Look for the word "below". Copy every line of the listing where it occurs.

◆ ENTRIES SUPPLIED:
--- START ---

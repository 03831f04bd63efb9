//! The scan lists of a database.
ghost use Rattle.std.specs.Prelude.{◌≡◌, ◌↔◌, ◌⊎◌, ℕ, ◌<◌, ◌≤◌, ◌-◌, ◌^◌, ◌++◌, false, cond, Some, None, IfOk, IfSome, OnOk, OnErr};
ghost use Rattle.std.specs.Prelude.{IsTrue, length, vec_len};
ghost use Rattle.std.specs.BTreeMap.{BTreeMap, IsOrdered, get};
ghost use Rattle.std.specs.Ordering.{eq_by_cmp};
ghost use Rattle.ioc_scan.specs.contracts.position.PositionOrd.TheImpl as order_of;
ghost use Rattle.ioc_scan.specs.declared.list_name.ListName.{ListName};
ghost use Rattle.ioc_scan.specs.declared.list_name.Placement.{Placement};
ghost use Rattle.ioc_scan.specs.declared.position.Position.{Position};
ghost use Rattle.ioc_scan.specs.Scanned.{new_lists, placed, changed, InPhaseOrder};
ghost use Rattle.ioc_scan.specs.Standing.{standing};
ghost use Rattle.ioc_scan.specs.Walked.{walked};
ghost use Rattle.ioc_scan.specs.Members.{is_at_place, listed_at, IsPhase, AreIndexed, HasAll};

use crate::list_name::{ListName, Placement};
use crate::position::{ListEntry, Listed, Position};
use ioc_names::RecordNo;
use std::alloc::{AllocError, Global};
use std::collections::BTreeMap;
use std::marker::Model;

/// The scan lists: the place of each record, and the members of each list, in the order of PHAS.
/// Records with equal PHAS are in the order of adding. A change of a place never fails: if
/// allocation fails, the record's entry has its new place all the same, and the record joins the
/// other members before a list is walked.
#[derive(Drop)]
pub struct ScanLists {
    entries: Vec<ListEntry>,
    members: BTreeMap<Position, Listed>,
    last: u64,
    // Each record with a number below this is among the members if it is on a list. One from here
    // on may be missing there, because allocation failed.
    indexed: usize,
}

impl Model for ScanLists {
    ghost use Rattle.ioc_scan.specs.Scanned.{Scanned};
    ghost use Rattle.ioc_scan.specs.Members.{AreIndexed};
    ghost use Rattle.std.specs.Prelude.{length};

    ghost Value = { Scanned };

    ghost view = { λ s. record { entries = s.entries.items; last = s.last } };

    ghost invariant = { λ s. AreIndexed s.entries.items s.last s.indexed s.members };
}

impl ScanLists {
    /// Creates the lists for `count` records, none of which is on a list.
    ///
    /// # Errors
    ///
    /// [`AllocError`] if allocation fails.
    pub fn new(alloc: Global, count: usize) -> Result<Self, AllocError>
        ensures { IfOk result (λ s. s ≡ new_lists count) }
    {
        let mut entries = Vec::new(alloc);
        entries.resize(count, ListEntry::new())?;
        Ok(ScanLists {
            entries,
            members: BTreeMap::new(alloc),
            last: 0,
            indexed: count,
        })
    }

    /// Returns the number of records.
    pub fn len(&self) -> usize
        ensures { result ≡ length self.now.entries }
    {
        self.entries.len()
    }

    /// Returns whether an order number is left for a change.
    pub fn can_change(&self) -> bool
        ensures { IsTrue result ↔ (self.now.last < 2 ^ 64 - 1) }
    {
        self.last < u64::MAX
    }

    /// Changes the place of a record: removes it from its list, and adds it to the list of the new
    /// place after the records with the same PHAS. Changes of a record are numbered, and one with a
    /// lower number than one that was applied already is ignored. When the engine starts the number
    /// is 0.
    ///
    /// If allocation fails, the change is applied all the same, and the record joins the members of
    /// its list before a list is walked.
    pub fn change(&mut self, member: RecordNo, number: u64, place: Option<Placement>)
        requires known { member < length self.old.entries }
        requires room { self.old.last < 2 ^ 64 - 1 }
        ensures { self.new ≡ changed self.old member number place }
    {
        let before = self.entries[member.index()];
        if number < before.number {
            return;
        }
        let order = self.last + 1;
        self.indexed = put_or_leave(&mut self.members, member, &place, order, self.indexed);
        take_off(&mut self.members, &before.place, before.order);
        self.entries[member.index()] = ListEntry {
            number,
            place,
            order,
        };
        self.last = order;
    }

    /// Adds a record to the list of this place, after the records with the same PHAS, and removes
    /// it from the list that it is on. This isn't a numbered change: it doesn't affect which later
    /// changes are ignored.
    pub fn add(&mut self, member: RecordNo, place: Placement)
        requires known { member < length self.old.entries }
        requires room { self.old.last < 2 ^ 64 - 1 }
        ensures { self.new ≡ placed self.old member (Some place) }
    {
        let number = self.entries[member.index()].number;
        self.change(member, number, Some(place));
    }

    /// Removes a record from its list, if it is on one. This isn't a numbered change either.
    pub fn remove(&mut self, member: RecordNo)
        requires known { member < length self.old.entries }
        requires room { self.old.last < 2 ^ 64 - 1 }
        ensures { self.new ≡ placed self.old member None }
    {
        let number = self.entries[member.index()].number;
        self.change(member, number, None);
    }

    /// Replaces the contents of `into` with the members of the list, in the order of PHAS; those
    /// with equal PHAS are in the order of adding. It only allocates if the capacity isn't
    /// sufficient, or if allocation failed in a change before.
    ///
    /// # Errors
    ///
    /// [`AllocError`] if allocation fails; the contents of `into` are meaningless then.
    pub fn walk(&mut self, list: &ListName, into: &mut Vec<Listed>) -> Result<(), AllocError>
        ensures order { OnOk result (InPhaseOrder self.old list.now into.new.items) }
        ensures walked { OnOk result (into.new.items ≡ walked self.old list.now) }
        ensures same { self.new ≡ self.old }
    {
        index_list(
            &mut self.members,
            self.entries.as_slice(),
            &mut self.indexed,
            list,
        )?;
        into.clear();
        copy_list(&self.members, list, into)
    }
}

// Adds the records from this number on to the members of their lists. If allocation fails, that is
// an error only if one of those that are left is on this list.
fn index_list(
    members: &mut BTreeMap<Position, Listed>,
    entries: &[ListEntry],
    indexed: &mut usize,
    list: &ListName,
) -> Result<(), AllocError>
    ensures kept { (last : ℕ) → AreIndexed entries.now last indexed.old members.old → AreIndexed entries.now last indexed.new members.new }
    ensures all { OnOk result (HasAll entries.now indexed.new list.now) }
{
    match index_all(members, entries, indexed) {
        Ok(()) => Ok(()),
        Err(error) if is_any_on(entries, *indexed, list) => Err(error),
        Err(_) => Ok(()),
    }
}

// Returns whether a record from this number on is on the list.
fn is_any_on(entries: &[ListEntry], from: usize, list: &ListName) -> bool
    ensures { result ≡ false → HasAll entries.now from list.now }
{
    let mut number = from;
    while number < entries.len() {
        if is_on(&entries[number].place, list) {
            return true;
        }
        number += 1;
    }
    false
}

// Returns whether a place is on the list.
fn is_on(place: &Option<Placement>, list: &ListName) -> bool
    ensures { result ≡ false → (p : Placement) → place.now ≡ Some p → p.list ≡ list.now → ⊥ }
{
    match place {
        Some(place) => place.list == *list,
        None => false,
    }
}

// Adds the records from this number on to the members of their lists.
fn index_all(
    members: &mut BTreeMap<Position, Listed>,
    entries: &[ListEntry],
    indexed: &mut usize,
) -> Result<(), AllocError>
    ensures kept { (last : ℕ) → AreIndexed entries.now last indexed.old members.old → AreIndexed entries.now last indexed.new members.new }
    ensures all { OnOk result ((list : ListName) → HasAll entries.now indexed.new list) }
{
    while *indexed < entries.len() {
        let entry = &entries[*indexed];
        put_on(members, RecordNo::new(*indexed), &entry.place, entry.order)?;
        *indexed += 1;
    }
    Ok(())
}

// Adds a record to the list of its place, if it has one, where each record below `indexed` is among
// the members. Returns the number for which that is so then: at most the record's own if allocation
// fails.
fn put_or_leave(
    members: &mut BTreeMap<Position, Listed>,
    member: RecordNo,
    place: &Option<Placement>,
    order: u64,
    indexed: usize,
) -> usize
    ensures put { ((result ≡ indexed) × ((k : Position) → get order_of.ghosts.cmp members.new k
        ≡ cond (is_at_place place.now order k) (listed_at member place.now) (get order_of.ghosts.cmp members.old k)))
        ⊎ ((result ≤ indexed) × (result ≤ member)
        × ((k : Position) → get order_of.ghosts.cmp members.new k ≡ get order_of.ghosts.cmp members.old k)) }
    ensures phase { IfSome place.now (λ p. IsPhase p.phase) }
{
    match put_on(members, member, place, order) {
        Ok(()) => indexed,
        Err(_) => indexed.min(member.index()),
    }
}

// Appends the members of the list, in order.
fn copy_list(
    members: &BTreeMap<Position, Listed>,
    list: &ListName,
    into: &mut Vec<Listed>,
) -> Result<(), AllocError>
    ensures listed { OnOk result (into.new.items ≡ into.old.items ++ standing list.now members.now.entries) }
    ensures ordered { IsOrdered order_of.ghosts.cmp members.now }
{
    let low = Position {
        list: *list,
        phase: i16::MIN,
        order: 0,
    };
    let high = Position {
        list: *list,
        phase: i16::MAX,
        order: u64::MAX,
    };
    for (_, listed) in members.range(low..=high) {
        into.push(*listed)?;
    }
    Ok(())
}

// Adds a record to the list of its place, if it has one. The position is free.
fn put_on(
    members: &mut BTreeMap<Position, Listed>,
    member: RecordNo,
    place: &Option<Placement>,
    order: u64,
) -> Result<(), AllocError>
    ensures ok { OnOk result ((k : Position) → get order_of.ghosts.cmp members.new k
        ≡ cond (is_at_place place.now order k) (listed_at member place.now) (get order_of.ghosts.cmp members.old k)) }
    ensures err { OnErr result ((k : Position) → get order_of.ghosts.cmp members.new k ≡ get order_of.ghosts.cmp members.old k) }
    ensures phase { IfSome place.now (λ p. IsPhase p.phase) }
{
    if let Some(place) = place {
        insert(
            members,
            place.list,
            place.phase,
            order,
            Listed::of(member, place),
        )?;
    }
    Ok(())
}

// Removes the record at the place, if there is one, from its list.
fn take_off(members: &mut BTreeMap<Position, Listed>, place: &Option<Placement>, order: u64)
    ensures { (k : Position) → get order_of.ghosts.cmp members.new k ≡ cond (is_at_place place.now order k) None
        (get order_of.ghosts.cmp members.old k) }
{
    if let Some(place) = place {
        let _listed = members.remove(&Position::of(place, order));
    }
}

// Inserts a record at a position.
fn insert(
    members: &mut BTreeMap<Position, Listed>,
    list: ListName,
    phase: i16,
    order: u64,
    listed: Listed,
) -> Result<(), AllocError>
    ensures ok { OnOk result ((k : Position) → get order_of.ghosts.cmp members.new k
        ≡ cond (eq_by_cmp order_of.ghosts.cmp (record { list = list; phase = phase; order = order }) k) (Some listed)
        (get order_of.ghosts.cmp members.old k)) }
    ensures err { OnErr result (members.new.entries ≡ members.old.entries) }
    ensures phase { IsPhase phase }
{
    members.insert(Position { list, phase, order }, listed)?;
    Ok(())
}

--- END ---

◆ SOLUTION FOR THIS TASK:
    // Each record with a number below this is among the members if it is on a list. One from here
// Adds a record to the list of its place, if it has one, where each record below `indexed` is among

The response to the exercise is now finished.